125 pieds carrés et 23 chiens

Bien cachés le long de la route 352, entre Sainte-Thècle et Saint-Tite, 23 chiens Alaskan husky vivent entourés de l’amour inconditionnel de Maxime Leclerc et Anne-Marie Charest, un couple de mushers. Ils ont décidé il y a quelques années de quitter leur vie urbaine pour renouer avec la nature et prendre le temps… de prendre le temps.

Maxime Leclerc, 48 ans, et Anne-Marie Charest, 40 ans, ne voulaient plus de ce mode de vie urbain. Cette vie de «consommation où tu gagnes des sous et t’en dépenses beaucoup», détaille Maxime. Ils ont donc quitté la ville pour travailler au parc du Mont-Tremblant. C’est là que leurs chemins se sont croisés; lui avait été maître d’hôtel à Montréal, elle, gestionnaire en ressources humaines. En 2012, ils ont décidé d’arrêter de «nourrir le rêve des autres, pour vivre le [leur]», et sont partis s’installer en Mauricie sur les terres familiales d’Anne-Marie. Un «endroit parfait, un terrain de jeu», comme le dit Maxime, d’environ 15 hectares.

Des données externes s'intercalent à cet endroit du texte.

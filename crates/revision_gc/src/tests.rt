//! The tables of collection and of its settings.
use crate::{Candidate, GcSettings, SettingsError, collect, read_settings, standard_settings};
use json_tree::{Seq, Text};
use std::alloc::{AllocError, Global};
use std::test::Fail;

fn candidate(
    alloc: Global,
    created: u64,
    active: u64,
    generation: u64,
    name: &str,
) -> Result<Candidate, AllocError> {
    Ok(Candidate {
        created,
        active,
        generation,
        name: Text::new(alloc, name)?,
    })
}

fn pair(
    alloc: Global,
    one: (u64, u64, u64, &str),
    two: (u64, u64, u64, &str),
) -> Result<Seq<Candidate>, AllocError> {
    let mut list = Seq::with_capacity(alloc, 2)?;
    list.push(candidate(alloc, one.0, one.1, one.2, one.3)?)?;
    list.push(candidate(alloc, two.0, two.1, two.2, two.3)?)?;
    Ok(list)
}

fn settings(create: Option<u64>, active: Option<u64>, least: u64, most: Option<u64>) -> GcSettings {
    GcSettings {
        create,
        active,
        least,
        most,
    }
}

#[test]
fn collects_one_by_the_table(rt: HostRuntime) -> Result<(), Fail> {
    let alloc = rt.alloc();
    let mut one = Seq::with_capacity(alloc, 1)?;
    one.push(candidate(alloc, 0, 0, 1, "a")?)?;
    for (create, least, most, now, answer) in [
        (Some(172_800), 0, None, 172_800, None),
        (Some(172_800), 0, None, 172_801, Some(0)),
        (Some(172_800), 1, None, 172_801, None),
        (None, 0, Some(0), 0, Some(0)),
        (None, 0, None, 253_402_300_799, None),
    ] {
        assert_eq!(rt;
            collect(&one, now, &settings(create, None, least, most)),
            answer,
            "at {now}, {least}"
        );
    }
    Ok(())
}

#[test]
fn collects_the_first_in_order(rt: HostRuntime) -> Result<(), Fail> {
    let alloc = rt.alloc();
    // By active moment, by generation, by name, by place; a stale one before a surplus one; both times have to pass.
    let surplus = settings(None, None, 0, Some(1));
    let stale = settings(Some(10), None, 0, Some(0));
    let both = settings(Some(10), Some(10), 0, None);
    for (one, two, settings, answer) in [
        ((0, 5, 1, "a"), (0, 4, 9, "b"), surplus, Some(1)),
        ((0, 4, 2, "a"), (0, 4, 1, "b"), surplus, Some(1)),
        ((0, 4, 1, "b"), (0, 4, 1, "a"), surplus, Some(1)),
        ((0, 4, 1, "a"), (0, 4, 1, "a"), surplus, Some(0)),
        ((9, 9, 1, "a"), (0, 9, 2, "b"), stale, Some(1)),
        ((0, 9, 1, "a"), (9, 9, 2, "b"), both, None),
        ((0, 9, 1, "a"), (0, 1, 2, "b"), both, Some(1)),
    ] {
        let list = pair(alloc, one, two)?;
        assert_eq!(rt; collect(&list, 12, &settings), answer, "at {answer:?}");
    }
    Ok(())
}

#[test]
fn reads_settings(rt: HostRuntime) -> Result<(), Fail> {
    let alloc = rt.alloc();
    let kept = settings(None, None, 5, None);
    for (create, active, least, most, answer) in [
        ("48h", "15h", "20", "1000", Ok(standard_settings())),
        ("disabled", "disabled", "5", "disabled", Ok(kept)),
        ("2", "2", "x", "x", Err(SettingsError::CreateTime)),
        ("1h", "", "x", "x", Err(SettingsError::ActiveTime)),
        ("1h", "1m", "disabled", "x", Err(SettingsError::Least)),
        ("1h", "1m", "2", "-1", Err(SettingsError::Most)),
        ("1h", "1m", "2", "1", Err(SettingsError::LeastAboveMost)),
    ] {
        let create = Text::new(alloc, create)?;
        let active = Text::new(alloc, active)?;
        let least = Text::new(alloc, least)?;
        let most = Text::new(alloc, most)?;
        let read = read_settings(&create, &active, &least, &most);
        assert_eq!(rt; read, answer, "at {create} {active} {least} {most}");
    }
    Ok(())
}
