//! What it is to be refused, or out of memory: the answer of a call that may be both.
//!
//! A caller learns why it was refused exactly, by the relation `Comes`; that a call is out of memory is free.
#![tactic(auto)]

mod stop;

pub use stop::{Stop, require};
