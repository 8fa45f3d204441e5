//! The choice among candidates.
ghost use Rattle.std.specs.Prelude.{◌≡◌, option_map};
ghost use Rattle.control_rules.specs.Collection.{collected_place, earlier, first_place, place_of};
ghost use Rattle.revision_gc.specs.Choices.{candidate_as, best_of, pick_of, counts_by};

use crate::ages::{Age, age_of};
use control_rules::{Candidate, GcSettings};
use json_tree::Seq;

/// Which of the candidates is collected.
#[derive(Clone, Copy, Debug, PartialEq, Eq)]
pub enum Pick {
    /// The first of the stale ones.
    Stale,
    /// The first of all.
    First,
    /// None.
    Nobody,
}

/// Which of so many candidates is collected: the first stale one, where one is stale and there are more than the least
/// number; else the first of all, where there are more than the most.
pub fn choose(settings: &GcSettings, count: u64, some_stale: bool) -> Pick
    ensures { result ≡ pick_of settings.now count some_stale }
{
    if some_stale && count > settings.least {
        return Pick::Stale;
    }
    match settings.most {
        Some(most) if count > most => Pick::First,
        _ => Pick::Nobody,
    }
}

// Which candidates count.
#[derive(Clone, Copy)]
enum Among<'a> {
    // All of them.
    All,
    // Those that are stale by the settings at the moment.
    Stale(&'a GcSettings, u64),
}

impl Among<'_> {
    fn counts(&self, candidate: &Age) -> bool
        ensures { result ≡ counts_by self.now (candidate_as candidate.now) }
    {
        match self {
            Among::All => true,
            Among::Stale(settings, now) => candidate.is_stale(settings, *now),
        }
    }
}

// The first candidate so far.
#[derive(Clone, Copy)]
struct Best<'a> {
    place: u64,
    candidate: &'a Candidate,
}

// The first so far, or the one at the place, where it counts and comes before.
fn earlier<'a>(
    counted: bool,
    place: u64,
    candidate: &'a Candidate,
    best: Option<Best<'a>>,
) -> Option<Best<'a>>
    ensures { option_map best_of result ≡ earlier counted place candidate.now (option_map best_of best.entry) }
{
    if !counted {
        return best;
    }
    match best {
        Some(other) => {
            if age_of(candidate).comes_before(&age_of(other.candidate)) {
                Some(Best { place, candidate })
            } else {
                best
            }
        }
        None => Some(Best { place, candidate }),
    }
}

// The place alone.
fn place_of(best: Option<Best<'_>>) -> Option<u64>
    ensures { result ≡ place_of (option_map best_of best.entry) }
{
    match best {
        Some(best) => Some(best.place),
        None => None,
    }
}

// The place of the first candidate that counts.
fn first_place(candidates: &[Candidate], among: &Among) -> Option<u64>
    ensures { result ≡ first_place (counts_by among.now) candidates.now }
{
    let mut best = None;
    for place in 0..candidates.len() {
        let candidate = &candidates[place];
        best = earlier(
            among.counts(&age_of(candidate)),
            place as u64,
            candidate,
            best,
        );
    }
    place_of(best)
}

/// The place of the candidate that is collected.
///
/// A candidate is stale where at least one of the two times counts, and each that counts has passed since its moment.
/// The order is by active moment, then by generation, then by name, then by place. Where there are more candidates than
/// `least`, the answer is the first stale one. Else, where `most` counts and there are more, it is the first of all.
pub fn collect(candidates: &Seq<Candidate>, now: u64, settings: &GcSettings) -> Option<u64>
    ensures { result ≡ collected_place settings.now now candidates.now }
{
    let list = candidates.as_slice();
    let stale = first_place(list, &Among::Stale(settings, now));
    match choose(settings, list.len() as u64, stale.is_some()) {
        Pick::Stale => stale,
        Pick::First => first_place(list, &Among::All),
        Pick::Nobody => None,
    }
}
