//! Being refused, or out of memory.
ghost use Rattle.std.specs.Prelude.{◌≢◌, IfErr};
ghost use Rattle.answers.specs.Answers.{Comes, requires_that};

use std::alloc::AllocError;

/// Why a call comes to no answer of its own.
#[derive(Clone, Copy, Debug, Drop, PartialEq, Eq)]
pub enum Stop<R> {
    /// It is refused, for this reason.
    Refused(R),
    /// Out of memory.
    Memory,
}

impl<R> From<AllocError> for Stop<R> {
    ghost use Rattle.std.specs.Prelude.{◌≡◌};
    ghost use Rattle.answers.specs.declared.stop.Stop.TheVariants.{Memory};

    ghost from_gives = { λ _ e. e ≡ Memory };

    fn from(_e: AllocError) -> Stop<R> {
        Stop::Memory
    }
}

/// Nothing where the test holds, and else the refusal.
pub fn require<R: Drop>(holds: bool, refusal: R) -> Result<(), Stop<R>>
    ensures answer { Comes result (requires_that holds refusal) }
    ensures sure { IfErr result (λ e. e ≢ Stop.Memory) }
{
    if holds {
        Ok(())
    } else {
        Err(Stop::Refused(refusal))
    }
}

Pour ce couple d’Algonquins, cette reconnexion avec la nature devait passer par les chiens de traîneau. «Ils nous permettent d’aller dans des endroits auxquels on n’a pas facilement accès, dans lesquels il n’y a aucun bruit de mécanique, seulement leur souffle chaud», raconte le musher. Peu à peu, le ranch canin Manitou Mushers est né. Le couple propose à l’année un service de pensionnat pour canidés. «Un peu comme un camp de vacances, où un chien peut être un chien, où on lui impose le moins de choses possible», explique Maxime.

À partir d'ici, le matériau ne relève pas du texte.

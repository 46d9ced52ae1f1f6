#![tactic(auto)]

// What is known by a verdict and by soundness, each law once: specs/ has the records, proofs/ their proofs. No function stands here.
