// "Packet": formed in a lent room, read from a lent slice, its payload landed in data memory.
#![tactic(auto)]

ghost use Rattle.std.specs.Prelude.{◌≡◌, ◌*◌, ◌^◌};
ghost use Rattle.rules.specs.Checksum.{check_of};
ghost use Rattle.rules.specs.Packet.{header_covered};
ghost use Rattle.rules.specs.Words.{meta_flag};
ghost use Rattle.packet.specs.Packet.{Inside};

use rules::sizes::PLAIN_START;

pub mod form;
pub mod land;
pub mod payload;
pub mod read;

// The meta flag of word 3.
fn meta_flag(control1: u32) -> bool
    ensures { result ≡ meta_flag control1 }
{
    (control1 >> 27) & 1 == 1
}

// "Header check covers bytes 0 to 15 and metadata": the metadata stands between word 4 and the payload.
// (`from` is where that begins: both parts stand in one slice.)
fn header_check(bytes: &[u8], from: usize) -> u16
    requires { Inside from bytes.now }
    ensures { result ≡ check_of (header_covered from bytes.now) }
{
    let first = checksum::of(&bytes[..16]);
    checksum::from(first, &bytes[PLAIN_START..from])
}

// The word of a check: "check 16, zero 16".
fn check_word(check: u16) -> u32
    ensures { result ≡ check * 2 ^ 16 }
{
    u32::from(check) << 16
}
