// "payload to base plus offset".
ghost use Rattle.std.specs.Prelude.{◌≡◌, ◌+◌};
ghost use Rattle.std.proofs.lemmas.List.Edits.{sets};
ghost use Rattle.rules.specs.Packet.{payload_of};
ghost use Rattle.packet.specs.Packet.{Landing};

// The packet's payload copied to data memory.
pub fn payload(bytes: &mut [u8], base: u32, offset: u32, packet: &[u8])
    requires { Landing packet.now (base + offset) bytes.old }
    ensures { bytes.new ≡ sets bytes.old (base + offset) (payload_of packet.now) }
{
    words::copy(
        bytes,
        base as usize + offset as usize,
        crate::read::payload(packet),
    );
}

Mais l’hiver, Manitou Mushers offre des sorties en traîneau à chiens. Une manière pour le couple de s’ancrer dans le présent, au contact de ses animaux, et surtout de vivre de sa passion, selon ses valeurs. Pas question donc d’utiliser les bêtes comme de vulgaires outils de travail. «Gagner sa vie sur le dos des animaux, éthiquement, ce n’est pas évident… La ligne est mince entre la collaboration et l’exploitation», souligne Maxime. Pour lui, faire du traîneau à chiens une activité extrêmement rentable implique d’en demander beaucoup aux animaux, ce qui ne lui correspond pas vraiment.

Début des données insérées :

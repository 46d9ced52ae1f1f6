// A whole packet formed in a lent room.
// (Places stand beside the room: a lent room can't grow.)
ghost use Rattle.std.specs.Prelude.{◌+◌, ◌-◌, ◌≤◌, length};
ghost use Rattle.ground.specs.Lists.{part};
ghost use Rattle.rules.specs.Packet.{plain_start, flagged_start, metadata_bytes, front_bytes, body_check_bytes, form};
ghost use Rattle.packet.specs.Packet.{Forming, Formed, Stored};

use crate::payload::Payload;
use rules::sizes::{FLAGGED_START, PLAIN_START};
use rules::{Header, Metadata};

// "With the flag, four metadata words", from byte 20 on.
fn put_metadata(room: &mut [u8], header: Header, metadata: Metadata) -> usize
    requires { flagged_start ≤ length room.old }
    ensures stored { Stored (metadata_bytes header metadata) plain_start room.old room.new result }
    ensures upper_bound { result ≤ flagged_start }
{
    if crate::meta_flag(header.control1) {
        let row = [metadata.a, metadata.b, metadata.c, metadata.d];
        words::copy_words(room, PLAIN_START, &row);
        FLAGGED_START
    } else {
        PLAIN_START
    }
}

// Words 0 to 4 and the metadata. The header check goes in last.
fn put_front(room: &mut [u8], header: Header, metadata: Metadata) -> usize
    requires { flagged_start ≤ length room.old }
    ensures stored { Stored (front_bytes header metadata) 0 room.old room.new result }
    ensures upper_bound { result ≤ flagged_start }
{
    let row = [
        header.address0,
        header.address1,
        header.control0,
        header.control1,
    ];
    words::copy_words(room, 0, &row);
    let from = put_metadata(room, header, metadata);
    let check = crate::header_check(room, from);
    words::put(room, 16, crate::check_word(check));
    from
}

// "If not empty, body check 16 and zero 16 follow."
fn put_body_check(room: &mut [u8], from: usize, end: usize) -> usize
    requires ordered { from ≤ end }
    requires fits { end + 4 ≤ length room.old }
    ensures { Stored (body_check_bytes (part from (end - from) room.old)) end room.old room.new result }
{
    if end == from {
        return end;
    }
    let check = checksum::of(&room[from..end]);
    words::put(room, end, crate::check_word(check));
    end + 4
}

// A packet of that payload; its length.
pub fn packet<P: Payload>(room: &mut [u8], header: Header, metadata: Metadata, payload: P) -> usize
    requires { Forming room.old (P.bytes payload) }
    ensures { Formed (form header metadata (P.bytes payload)) room.old room.new result }
{
    let from = put_front(room, header, metadata);
    let end = payload.put(room, from);
    put_body_check(room, from, end)
}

Végétariens et amoureux des bêtes, Maxime et Anne-Marie n’envisageaient pas leur activité n’importe comment. Car lorsqu’ils ont découvert le milieu des mushers, ils ont été frappés par la manière dont les bêtes étaient traitées. «On a vu des chiens attachés et stressés. On s’est dit que c’était sûrement possible de faire autrement, sans utiliser la violence. L’humain pense souvent à son propre bien-être, il ne se demande même pas ce que le chien veut», déplore Maxime. Lui et sa compagne ont donc opté pour une technique particulière de dressage pour leurs chiens, recueillis auprès d’éleveurs qui ne les trouvent plus assez performants pour la compétition.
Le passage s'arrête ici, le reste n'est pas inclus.